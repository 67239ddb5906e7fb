ghost use Rattle.std.specs.Prelude.{◌≡◌, ◌≤◌, ◌<◌, ◌^◌, ◌∷◌, ℕ, vec_len, IfOk, IfErr, List, [], None, Some, true, false};
ghost use Rattle.std.specs.Option.{ForSome};
ghost use Rattle.big_info.specs.Widths.{FitsWidths};

use crate::announcing::announce;
use crate::basing::{add_stream, give_metadata, open_subgroup};
use crate::describing::{describe, encrypt, identify};
use crate::identity::identity_in;
use crate::performed::Performed;
use crate::phase::Phase;
use crate::place::{Place, event_in, group_in, heard_in, last_in, sent_in};
use crate::sending::{
    big_sync_in, give, is_sending_in, open, perform, relayed_in, stop, taking_in, terminate,
};
use crate::starting::{begin, check_start, is_twice};
use crate::terminated::Terminated;
use announcement_train::Train;
use bcast_base::{Bis, BisSet, Memory};
use big_info::{BigInfo, Cipher, Group, Limits};
use source_machine::{Identity, SentStream};
use std::alloc::Global;
use sync_reference::BigSync;
use transcript_text::{Refusal, Stop};

/// The two sources of a scenario, 0 and 1, and the one that was chosen last.
#[derive(Drop)]
pub struct Sources {
    alloc: Global,
    chosen: u8,
    phases: Vec<Phase>,
    ghost two: { vec_len phases ≡ 2 },
    ghost is_one: { chosen < 2 },
}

::::::::

Starting at the line that contains "use announcement_train::Train;", print every line through the last one of the records, exactly and with nothing else.

Written answer:
use announcement_train::Train;
use bcast_base::{Bis, BisSet, Memory};
use big_info::{BigInfo, Cipher, Group, Limits};
use source_machine::{Identity, SentStream};
use std::alloc::Global;
use sync_reference::BigSync;
use transcript_text::{Refusal, Stop};

/// The two sources of a scenario, 0 and 1, and the one that was chosen last.
#[derive(Drop)]
pub struct Sources {
    alloc: Global,
    chosen: u8,
    phases: Vec<Phase>,
    ghost two: { vec_len phases ≡ 2 },
    ghost is_one: { chosen < 2 },
}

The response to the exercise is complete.